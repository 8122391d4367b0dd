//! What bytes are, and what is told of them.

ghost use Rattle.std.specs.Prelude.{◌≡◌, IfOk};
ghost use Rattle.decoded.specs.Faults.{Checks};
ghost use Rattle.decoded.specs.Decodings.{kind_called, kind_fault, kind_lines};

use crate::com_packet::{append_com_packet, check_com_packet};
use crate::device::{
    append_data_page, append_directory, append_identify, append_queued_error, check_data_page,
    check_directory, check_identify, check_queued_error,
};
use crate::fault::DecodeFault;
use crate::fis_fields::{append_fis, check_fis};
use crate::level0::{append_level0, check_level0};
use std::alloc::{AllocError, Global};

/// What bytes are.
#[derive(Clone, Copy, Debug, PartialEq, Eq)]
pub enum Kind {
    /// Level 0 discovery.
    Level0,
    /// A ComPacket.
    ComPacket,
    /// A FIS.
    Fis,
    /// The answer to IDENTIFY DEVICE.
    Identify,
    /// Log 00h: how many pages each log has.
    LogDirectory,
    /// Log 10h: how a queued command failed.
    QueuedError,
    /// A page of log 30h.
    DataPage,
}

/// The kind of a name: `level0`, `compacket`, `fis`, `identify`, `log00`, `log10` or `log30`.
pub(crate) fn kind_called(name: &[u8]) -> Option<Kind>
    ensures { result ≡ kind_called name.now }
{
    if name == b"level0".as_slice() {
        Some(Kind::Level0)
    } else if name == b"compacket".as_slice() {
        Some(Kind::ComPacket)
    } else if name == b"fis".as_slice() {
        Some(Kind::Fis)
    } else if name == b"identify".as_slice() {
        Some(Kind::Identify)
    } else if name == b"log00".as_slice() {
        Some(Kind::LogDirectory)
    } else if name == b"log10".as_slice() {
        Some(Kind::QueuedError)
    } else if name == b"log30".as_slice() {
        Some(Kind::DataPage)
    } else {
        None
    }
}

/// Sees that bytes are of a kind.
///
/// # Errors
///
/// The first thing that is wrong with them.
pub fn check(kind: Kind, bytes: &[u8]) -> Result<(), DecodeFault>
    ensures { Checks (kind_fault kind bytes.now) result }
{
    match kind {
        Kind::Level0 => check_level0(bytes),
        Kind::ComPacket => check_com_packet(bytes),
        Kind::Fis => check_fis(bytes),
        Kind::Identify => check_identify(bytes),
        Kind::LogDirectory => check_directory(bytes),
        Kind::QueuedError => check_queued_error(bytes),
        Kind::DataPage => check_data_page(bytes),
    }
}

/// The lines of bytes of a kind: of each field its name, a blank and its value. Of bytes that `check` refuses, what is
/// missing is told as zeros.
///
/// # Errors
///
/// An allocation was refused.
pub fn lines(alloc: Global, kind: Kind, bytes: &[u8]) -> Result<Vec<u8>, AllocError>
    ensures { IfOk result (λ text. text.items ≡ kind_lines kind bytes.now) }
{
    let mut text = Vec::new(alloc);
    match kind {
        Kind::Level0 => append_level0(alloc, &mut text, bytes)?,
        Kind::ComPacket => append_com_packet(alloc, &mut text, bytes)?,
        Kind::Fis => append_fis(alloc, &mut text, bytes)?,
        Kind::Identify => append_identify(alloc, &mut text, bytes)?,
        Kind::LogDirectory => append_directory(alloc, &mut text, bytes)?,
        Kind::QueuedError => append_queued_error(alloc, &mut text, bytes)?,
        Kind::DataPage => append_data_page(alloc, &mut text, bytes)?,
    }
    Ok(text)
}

·····

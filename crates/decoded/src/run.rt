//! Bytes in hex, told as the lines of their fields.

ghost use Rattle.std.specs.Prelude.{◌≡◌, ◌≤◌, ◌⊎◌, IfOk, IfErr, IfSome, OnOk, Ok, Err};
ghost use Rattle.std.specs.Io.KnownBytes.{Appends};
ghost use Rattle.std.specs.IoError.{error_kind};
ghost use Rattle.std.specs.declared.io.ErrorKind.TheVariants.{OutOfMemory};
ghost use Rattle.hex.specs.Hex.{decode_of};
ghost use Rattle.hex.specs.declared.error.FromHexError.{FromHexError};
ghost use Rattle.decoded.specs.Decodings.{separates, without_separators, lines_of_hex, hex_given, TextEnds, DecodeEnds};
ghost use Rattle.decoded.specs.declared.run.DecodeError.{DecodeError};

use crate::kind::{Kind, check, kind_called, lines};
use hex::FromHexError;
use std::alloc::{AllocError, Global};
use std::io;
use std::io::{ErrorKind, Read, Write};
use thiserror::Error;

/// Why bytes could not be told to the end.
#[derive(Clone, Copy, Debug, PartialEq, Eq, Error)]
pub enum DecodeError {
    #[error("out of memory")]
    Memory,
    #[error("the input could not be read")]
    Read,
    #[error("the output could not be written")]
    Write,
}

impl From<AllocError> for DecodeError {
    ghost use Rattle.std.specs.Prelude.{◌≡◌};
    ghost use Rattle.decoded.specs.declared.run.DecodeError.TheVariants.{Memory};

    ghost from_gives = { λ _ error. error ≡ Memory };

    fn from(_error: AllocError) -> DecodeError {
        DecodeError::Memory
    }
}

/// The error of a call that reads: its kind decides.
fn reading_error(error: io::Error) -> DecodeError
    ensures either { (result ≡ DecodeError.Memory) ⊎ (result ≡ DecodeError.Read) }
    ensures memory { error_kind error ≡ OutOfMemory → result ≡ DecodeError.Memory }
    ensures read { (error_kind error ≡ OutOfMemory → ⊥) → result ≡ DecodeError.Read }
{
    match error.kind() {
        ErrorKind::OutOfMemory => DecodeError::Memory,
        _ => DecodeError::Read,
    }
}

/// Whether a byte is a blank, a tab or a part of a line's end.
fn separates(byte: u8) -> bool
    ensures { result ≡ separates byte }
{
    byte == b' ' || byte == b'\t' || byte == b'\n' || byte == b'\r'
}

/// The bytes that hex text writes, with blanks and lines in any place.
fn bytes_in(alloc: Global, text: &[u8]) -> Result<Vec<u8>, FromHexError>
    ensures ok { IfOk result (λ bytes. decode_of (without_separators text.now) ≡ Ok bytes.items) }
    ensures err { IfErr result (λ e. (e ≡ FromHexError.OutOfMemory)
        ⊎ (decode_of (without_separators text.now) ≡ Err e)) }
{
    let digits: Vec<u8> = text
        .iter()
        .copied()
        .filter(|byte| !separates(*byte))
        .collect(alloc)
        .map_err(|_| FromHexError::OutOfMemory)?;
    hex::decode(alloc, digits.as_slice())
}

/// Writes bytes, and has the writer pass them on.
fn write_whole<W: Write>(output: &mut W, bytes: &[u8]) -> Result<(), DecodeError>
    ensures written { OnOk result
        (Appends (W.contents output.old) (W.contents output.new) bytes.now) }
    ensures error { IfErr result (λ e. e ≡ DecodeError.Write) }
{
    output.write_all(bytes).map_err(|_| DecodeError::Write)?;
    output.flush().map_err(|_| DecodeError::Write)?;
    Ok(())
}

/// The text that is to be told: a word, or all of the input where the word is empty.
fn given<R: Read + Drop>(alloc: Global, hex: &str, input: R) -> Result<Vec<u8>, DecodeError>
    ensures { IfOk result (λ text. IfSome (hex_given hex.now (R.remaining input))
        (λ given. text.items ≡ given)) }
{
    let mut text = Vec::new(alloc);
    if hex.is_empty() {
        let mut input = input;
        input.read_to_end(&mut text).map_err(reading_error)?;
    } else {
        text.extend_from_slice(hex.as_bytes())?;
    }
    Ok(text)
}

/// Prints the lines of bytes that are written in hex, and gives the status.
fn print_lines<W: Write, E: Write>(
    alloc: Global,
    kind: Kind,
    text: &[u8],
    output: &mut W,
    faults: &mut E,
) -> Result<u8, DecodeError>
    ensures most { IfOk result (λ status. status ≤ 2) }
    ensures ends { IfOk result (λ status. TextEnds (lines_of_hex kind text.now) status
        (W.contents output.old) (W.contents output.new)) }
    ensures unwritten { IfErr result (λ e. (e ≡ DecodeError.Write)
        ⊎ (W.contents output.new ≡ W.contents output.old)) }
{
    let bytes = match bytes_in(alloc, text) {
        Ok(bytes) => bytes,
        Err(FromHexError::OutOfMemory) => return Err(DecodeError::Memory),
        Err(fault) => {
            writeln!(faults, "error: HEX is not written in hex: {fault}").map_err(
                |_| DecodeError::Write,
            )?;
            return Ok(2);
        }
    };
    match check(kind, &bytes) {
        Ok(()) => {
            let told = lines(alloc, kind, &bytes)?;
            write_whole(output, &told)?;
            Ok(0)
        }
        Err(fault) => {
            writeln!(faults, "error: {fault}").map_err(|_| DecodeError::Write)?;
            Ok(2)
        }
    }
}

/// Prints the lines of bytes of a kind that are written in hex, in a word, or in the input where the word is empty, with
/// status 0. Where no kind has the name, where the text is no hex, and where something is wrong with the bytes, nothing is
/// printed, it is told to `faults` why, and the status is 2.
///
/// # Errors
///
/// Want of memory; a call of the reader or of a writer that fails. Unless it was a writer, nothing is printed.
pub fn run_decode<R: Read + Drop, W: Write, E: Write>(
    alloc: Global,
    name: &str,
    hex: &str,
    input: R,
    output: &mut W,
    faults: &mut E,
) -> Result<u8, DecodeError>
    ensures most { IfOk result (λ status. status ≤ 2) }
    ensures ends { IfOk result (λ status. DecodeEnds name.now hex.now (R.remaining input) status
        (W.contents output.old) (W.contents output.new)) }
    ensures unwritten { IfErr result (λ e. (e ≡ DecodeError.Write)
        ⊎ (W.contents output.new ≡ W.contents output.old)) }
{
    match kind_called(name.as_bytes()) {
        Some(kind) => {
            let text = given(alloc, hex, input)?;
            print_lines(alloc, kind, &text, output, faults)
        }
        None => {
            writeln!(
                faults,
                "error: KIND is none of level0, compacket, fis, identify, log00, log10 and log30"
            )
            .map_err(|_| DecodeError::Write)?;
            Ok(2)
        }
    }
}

·····

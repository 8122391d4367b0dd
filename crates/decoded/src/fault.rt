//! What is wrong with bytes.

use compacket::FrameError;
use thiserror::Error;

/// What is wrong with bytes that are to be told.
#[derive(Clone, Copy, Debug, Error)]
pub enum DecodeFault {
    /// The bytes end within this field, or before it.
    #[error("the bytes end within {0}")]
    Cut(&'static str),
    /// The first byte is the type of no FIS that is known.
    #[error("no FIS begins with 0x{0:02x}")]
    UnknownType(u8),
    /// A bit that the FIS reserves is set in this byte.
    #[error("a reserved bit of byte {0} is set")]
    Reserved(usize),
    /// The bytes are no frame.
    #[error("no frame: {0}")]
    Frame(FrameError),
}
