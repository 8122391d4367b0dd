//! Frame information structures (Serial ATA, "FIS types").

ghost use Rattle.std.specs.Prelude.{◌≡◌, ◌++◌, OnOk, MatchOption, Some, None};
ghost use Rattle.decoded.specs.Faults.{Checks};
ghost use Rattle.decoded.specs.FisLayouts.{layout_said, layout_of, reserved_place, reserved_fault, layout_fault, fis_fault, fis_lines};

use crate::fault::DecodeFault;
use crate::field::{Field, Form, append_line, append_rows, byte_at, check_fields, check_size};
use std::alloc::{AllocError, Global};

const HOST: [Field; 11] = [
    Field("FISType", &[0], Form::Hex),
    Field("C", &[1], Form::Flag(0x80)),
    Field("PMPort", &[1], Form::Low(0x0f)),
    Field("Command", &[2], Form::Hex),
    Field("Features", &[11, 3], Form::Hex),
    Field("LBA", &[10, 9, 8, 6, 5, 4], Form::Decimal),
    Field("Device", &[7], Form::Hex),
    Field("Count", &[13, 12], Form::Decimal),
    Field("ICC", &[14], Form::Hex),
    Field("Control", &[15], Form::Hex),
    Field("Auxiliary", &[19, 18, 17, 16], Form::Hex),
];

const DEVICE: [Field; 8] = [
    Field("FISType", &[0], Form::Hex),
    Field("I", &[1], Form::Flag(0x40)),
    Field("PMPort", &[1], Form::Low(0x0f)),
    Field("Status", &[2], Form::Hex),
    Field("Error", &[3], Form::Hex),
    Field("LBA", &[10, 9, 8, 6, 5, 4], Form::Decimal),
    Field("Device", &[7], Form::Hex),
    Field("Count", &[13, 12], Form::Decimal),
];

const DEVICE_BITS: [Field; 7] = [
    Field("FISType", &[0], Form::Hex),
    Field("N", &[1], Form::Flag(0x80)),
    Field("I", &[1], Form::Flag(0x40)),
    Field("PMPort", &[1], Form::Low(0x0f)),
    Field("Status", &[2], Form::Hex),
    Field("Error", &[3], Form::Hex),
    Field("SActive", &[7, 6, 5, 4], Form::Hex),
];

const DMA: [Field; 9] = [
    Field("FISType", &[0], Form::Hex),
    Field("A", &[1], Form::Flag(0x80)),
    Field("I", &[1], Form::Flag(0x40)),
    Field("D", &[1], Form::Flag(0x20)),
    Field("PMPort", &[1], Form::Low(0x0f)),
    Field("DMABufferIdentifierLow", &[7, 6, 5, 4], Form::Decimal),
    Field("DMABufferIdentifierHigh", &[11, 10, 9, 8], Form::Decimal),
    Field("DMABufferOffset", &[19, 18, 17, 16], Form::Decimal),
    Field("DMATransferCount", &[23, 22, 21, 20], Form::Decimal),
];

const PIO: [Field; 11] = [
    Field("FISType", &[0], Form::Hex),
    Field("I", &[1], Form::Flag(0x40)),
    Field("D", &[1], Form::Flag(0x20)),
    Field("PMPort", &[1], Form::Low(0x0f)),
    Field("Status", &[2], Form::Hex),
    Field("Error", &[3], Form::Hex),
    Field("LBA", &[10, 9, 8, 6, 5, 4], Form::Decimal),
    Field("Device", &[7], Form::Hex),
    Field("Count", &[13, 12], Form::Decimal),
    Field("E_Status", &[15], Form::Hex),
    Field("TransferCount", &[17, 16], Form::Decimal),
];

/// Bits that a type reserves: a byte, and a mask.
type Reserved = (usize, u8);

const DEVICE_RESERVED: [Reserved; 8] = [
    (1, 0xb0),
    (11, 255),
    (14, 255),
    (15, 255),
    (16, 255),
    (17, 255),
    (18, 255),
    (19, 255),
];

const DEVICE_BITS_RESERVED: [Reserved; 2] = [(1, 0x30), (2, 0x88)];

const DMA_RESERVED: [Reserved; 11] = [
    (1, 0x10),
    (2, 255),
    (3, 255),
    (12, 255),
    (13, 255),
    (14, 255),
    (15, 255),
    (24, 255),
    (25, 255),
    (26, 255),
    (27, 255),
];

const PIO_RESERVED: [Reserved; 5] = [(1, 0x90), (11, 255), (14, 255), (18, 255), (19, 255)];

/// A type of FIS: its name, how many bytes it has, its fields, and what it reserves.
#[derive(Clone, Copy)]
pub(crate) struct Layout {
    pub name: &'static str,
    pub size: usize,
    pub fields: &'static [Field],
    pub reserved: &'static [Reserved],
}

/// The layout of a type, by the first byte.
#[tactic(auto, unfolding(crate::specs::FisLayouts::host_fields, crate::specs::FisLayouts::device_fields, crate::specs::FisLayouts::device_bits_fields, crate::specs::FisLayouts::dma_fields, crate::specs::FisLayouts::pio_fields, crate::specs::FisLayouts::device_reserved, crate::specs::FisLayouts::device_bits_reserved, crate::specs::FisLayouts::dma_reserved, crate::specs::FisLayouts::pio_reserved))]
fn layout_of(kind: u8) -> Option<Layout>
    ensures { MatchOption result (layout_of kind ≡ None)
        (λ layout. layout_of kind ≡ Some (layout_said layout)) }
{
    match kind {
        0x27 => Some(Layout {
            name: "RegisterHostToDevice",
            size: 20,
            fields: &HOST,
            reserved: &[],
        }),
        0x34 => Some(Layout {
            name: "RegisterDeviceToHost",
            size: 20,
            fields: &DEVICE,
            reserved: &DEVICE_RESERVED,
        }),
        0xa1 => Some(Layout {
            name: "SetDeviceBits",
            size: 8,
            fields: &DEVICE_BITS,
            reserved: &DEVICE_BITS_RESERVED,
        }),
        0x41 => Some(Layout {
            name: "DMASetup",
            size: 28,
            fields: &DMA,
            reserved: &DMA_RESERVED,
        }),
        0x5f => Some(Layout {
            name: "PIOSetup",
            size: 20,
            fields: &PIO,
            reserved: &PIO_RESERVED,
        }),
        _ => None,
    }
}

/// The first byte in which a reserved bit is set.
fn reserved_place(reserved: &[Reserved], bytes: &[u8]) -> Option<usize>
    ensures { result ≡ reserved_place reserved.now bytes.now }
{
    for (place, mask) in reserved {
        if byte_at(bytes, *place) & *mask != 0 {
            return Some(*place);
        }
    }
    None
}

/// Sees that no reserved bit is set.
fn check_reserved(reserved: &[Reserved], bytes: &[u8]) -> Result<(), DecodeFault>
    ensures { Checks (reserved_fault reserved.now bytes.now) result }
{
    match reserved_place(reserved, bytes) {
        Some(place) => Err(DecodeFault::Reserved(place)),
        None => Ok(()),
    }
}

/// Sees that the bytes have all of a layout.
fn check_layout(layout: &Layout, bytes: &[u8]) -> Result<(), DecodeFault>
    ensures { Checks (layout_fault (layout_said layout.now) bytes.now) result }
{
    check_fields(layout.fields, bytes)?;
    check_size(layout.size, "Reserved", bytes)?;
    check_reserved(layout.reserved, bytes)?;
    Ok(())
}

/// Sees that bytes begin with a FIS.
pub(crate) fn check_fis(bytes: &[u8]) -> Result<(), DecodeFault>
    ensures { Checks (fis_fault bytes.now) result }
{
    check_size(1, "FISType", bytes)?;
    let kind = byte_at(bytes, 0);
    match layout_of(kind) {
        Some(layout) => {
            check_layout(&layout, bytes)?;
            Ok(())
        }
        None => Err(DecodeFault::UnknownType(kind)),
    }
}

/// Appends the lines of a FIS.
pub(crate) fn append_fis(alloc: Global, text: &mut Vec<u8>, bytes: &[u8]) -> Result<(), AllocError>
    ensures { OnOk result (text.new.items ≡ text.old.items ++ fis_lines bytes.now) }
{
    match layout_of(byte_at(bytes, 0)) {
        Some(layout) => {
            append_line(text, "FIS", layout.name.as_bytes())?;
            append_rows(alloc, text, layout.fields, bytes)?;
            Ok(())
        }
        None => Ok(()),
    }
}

·····

WHAT IS REQUIRED:
Look back at the data above. Transcribe exactly the lines starting at the line that contains "result (λ e. e" and ending at the line that contains "fn given<R: Read".

ANSWER SECTION:
    ensures error { IfErr result (λ e. e ≡ DecodeError.Write) }
{
    output.write_all(bytes).map_err(|_| DecodeError::Write)?;
    output.flush().map_err(|_| DecodeError::Write)?;
    Ok(())
}

/// The text that is to be told: a word, or all of the input where the word is empty.
fn given<R: Read + Drop>(alloc: Global, hex: &str, input: R) -> Result<Vec<u8>, DecodeError>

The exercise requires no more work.